Commander of the First Army of Turkey
- In office 25 August 1981 – 22 August 1983
- Preceded by: Necdet Üruğ
- Succeeded by: Necdet Öztorun

Commander of the Turkish Army
- In office 6 December 1983 – 12 August 1985
- President: Kenan Evren
- Preceded by: Necdet Üruğ
- Succeeded by: Necdet Öztorun

Personal details
- Born: 23 April 1923 Istanbul
- Died: 8 April 2011 (aged 87)

Military service
- Allegiance: Turkey
- Branch/service: Turkish Army
- Rank: General

= Haydar Saltık =

Turkish general

Ali Haydar Saltık (1923, Istanbul – 8 April 2011) was a Turkish general. He was Commander of the First Army of Turkey (1981 – 1983) and then Commander of the Turkish Army (1983 – 1985). He was Secretary-General of the Presidential Council.

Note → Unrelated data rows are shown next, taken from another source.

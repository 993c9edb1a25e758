//! What exactly is wrong on a line: which part of it, and why.
ghost use Rattle.std.specs.Prelude.{◌≡◌, ◌≤◌, length, option_map, IfOk, slice_get, find};
ghost use Rattle.rv_assembler.specs.Number.{natural_of};
ghost use Rattle.rv_assembler.specs.Operand.{bytes_of};
ghost use Rattle.sentences.specs.Marks.{bad_place_from};
ghost use Rattle.sentences.specs.Examples.{line_alone};
ghost use Rattle.sentences.specs.Known.{known_in};
ghost use Rattle.sentences.specs.Findings.{said_alone, version_for_line, finding_at, at_number, at_interval, at_byte, words_of_sort, words_of_region, out_of_range_at, declared_finding, is_before, declared_token, doubled_token, known_token, declared_at_token, doubled_at, wanted_as, unknown_finding, is_region_sort, is_known_region, want_of_code, want_of_effect, want_of, unknown_if_any, unknown_at, standing_finding, misplaced_at, at_part, finding_by, finding_on, finding_in, finding_of};

use crate::examples::Form;
use crate::known::{Known, Sort, known_in, token_bytes};
use crate::marks::{bad_place, high_length, part_by};
use crate::operands::{
    at_interval, at_number, at_word, code_out_of_range, limit_at, operand_at, tasks_out_of_range,
    unknown_word,
};
use crate::standing::{Standing, standing_in};
use crate::wrong_operands::WrongOperand;
use dn_base::{MOST_OF_TEXT, Memory};
use rv_assembler::{
    Code, Effect, Reading, Saying, SourceFault, Statement, read_line, version_line,
};
use src_text::{Line, Span, Token, bad_number, tokens};
use std::alloc::Global;

/// What a statement needs a name to be declared as.
#[derive(Clone, Copy)]
pub(crate) enum Wanted {
    Label,
    /// A label or a region.
    Address,
    Region,
    Lock,
}

/// A name that a statement needs.
#[derive(Clone, Copy)]
pub(crate) struct Want {
    token: Token,
    as_what: Wanted,
}

/// Why a part of a line is wrong.
#[derive(Clone, Copy)]
pub(crate) enum Cause {
    /// It may not stand outside comments.
    Byte,
    /// It is no statement's word.
    Word,
    /// It is a label, and stands behind another one.
    SecondLabel,
    /// It stands where a word should stand, and isn't one.
    NoWord,
    /// It is a label, and begins with `.`.
    Dotted,
    /// It is a word that takes other operands, of this form.
    Operands {
        form: Option<Form>,
    },
    /// It is an operand of the word `word`, which takes operands of the form, and is another than the word takes.
    Operand {
        word: Span,
        wrong: WrongOperand,
        form: Form,
    },
    /// It is no number of 32 bits.
    NoNumber,
    Range {
        low: i32,
        high: i32,
    },
    /// It is no number of words for a region.
    Length,
    /// It is no even offset in this range, or a label that is too far away.
    Offset {
        low: i32,
        high: i32,
    },
    Cores,
    Address,
    /// It is no index of a region with this many words.
    Index {
        words: u64,
    },
    /// It is no interval of a region with this many words.
    Interval {
        words: u64,
    },
    /// A line declares it already.
    Declared {
        sort: Sort,
        line: u32,
    },
    Undeclared {
        wanted: Wanted,
    },
    /// A line declares it as something else than is wanted.
    Unfit {
        wanted: Wanted,
        sort: Sort,
        line: u32,
    },
    NoPhase,
    /// It asks for a core for which a line of the phase already declares a task.
    CoreInUse {
        line: u32,
    },
    NoTask,
    CodeWords,
    Regions,
    Locks,
    Phases,
    Tasks,
}

/// A part of a line, and why it is wrong.
#[derive(Clone, Copy)]
pub(crate) struct Finding {
    pub(crate) part: Span,
    pub(crate) cause: Cause,
}

pub(crate) fn finding_at(cause: Cause, token: Token) -> Finding
    ensures { result ≡ finding_at cause token }
{
    Finding {
        part: part_by(token),
        cause,
    }
}

/// A byte that may not stand outside of comments, and the bytes of the same letter.
fn at_byte(bytes: &[u8]) -> Option<Finding>
    ensures { result ≡ at_byte bytes.now (bad_place_from 0 bytes.now) }
{
    let start = bad_place(bytes)?;
    let end = start + 1 + high_length(&bytes[start + 1..]);
    Some(Finding {
        part: Span { start, end },
        cause: Cause::Byte,
    })
}

fn natural(number: i64) -> u64
    ensures { result ≡ natural_of number }
{
    if number < 0 { 0 } else { number as u64 }
}

/// How many words a region is declared to have.
fn words_of_region(known: Option<Known>) -> u64
    ensures { result ≡ words_of_region known }
{
    match known {
        Some(
            Known {
                sort: Sort::Region { len },
                line: _line,
            },
        ) => natural(len),
        _ => 0,
    }
}

/// How many words the region of this name is declared to have.
fn words_named(alloc: Global, text: &[u8], bytes: &[u8], name: Token) -> Result<u64, Memory>
    requires { length text.now ≤ MOST_OF_TEXT }
    ensures { IfOk result (λ words. words ≡ words_of_region (known_in text.now (bytes_of bytes.now name))) }
{
    Ok(words_of_region(known_in(alloc, text, token_bytes(bytes, name))?))
}

/// The number or the label that is out of range.
#[tactic(auto, unfolding(crate::specs::Findings::out_of_range_at))]
fn out_of_range_at(
    alloc: Global,
    text: &[u8],
    bytes: &[u8],
    tokens: &[Token],
    statement: &Statement,
) -> Result<Option<Finding>, Memory>
    requires { length text.now ≤ MOST_OF_TEXT }
    ensures { IfOk result (λ finding. finding ≡ out_of_range_at text.now bytes.now tokens.now statement.now) }
{
    match *statement {
        Statement::Instruction(code) => Ok(code_out_of_range(tokens, code)),
        Statement::Region { .. } => Ok(at_number(Cause::Length, tokens)),
        Statement::Word { region, .. } => {
            let words = words_named(alloc, text, bytes, region)?;
            Ok(at_number(Cause::Index { words }, tokens))
        }
        Statement::Tasks(family) => Ok(tasks_out_of_range(tokens, family)),
        Statement::Uses(effect) => {
            let words = words_named(alloc, text, bytes, effect.region)?;
            Ok(at_interval(Cause::Interval { words }, tokens))
        }
        _ => Ok(None),
    }
}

In September 1979 General Kenan Evren ordered a hand-written report from Saltık on whether or not a coup was in order, or if the government merely needed a stern warning. The report, which recommended preparing for a coup, was delivered in six months. Evren kept the report in his office safe, and launched the 1980 Turkish coup d'état.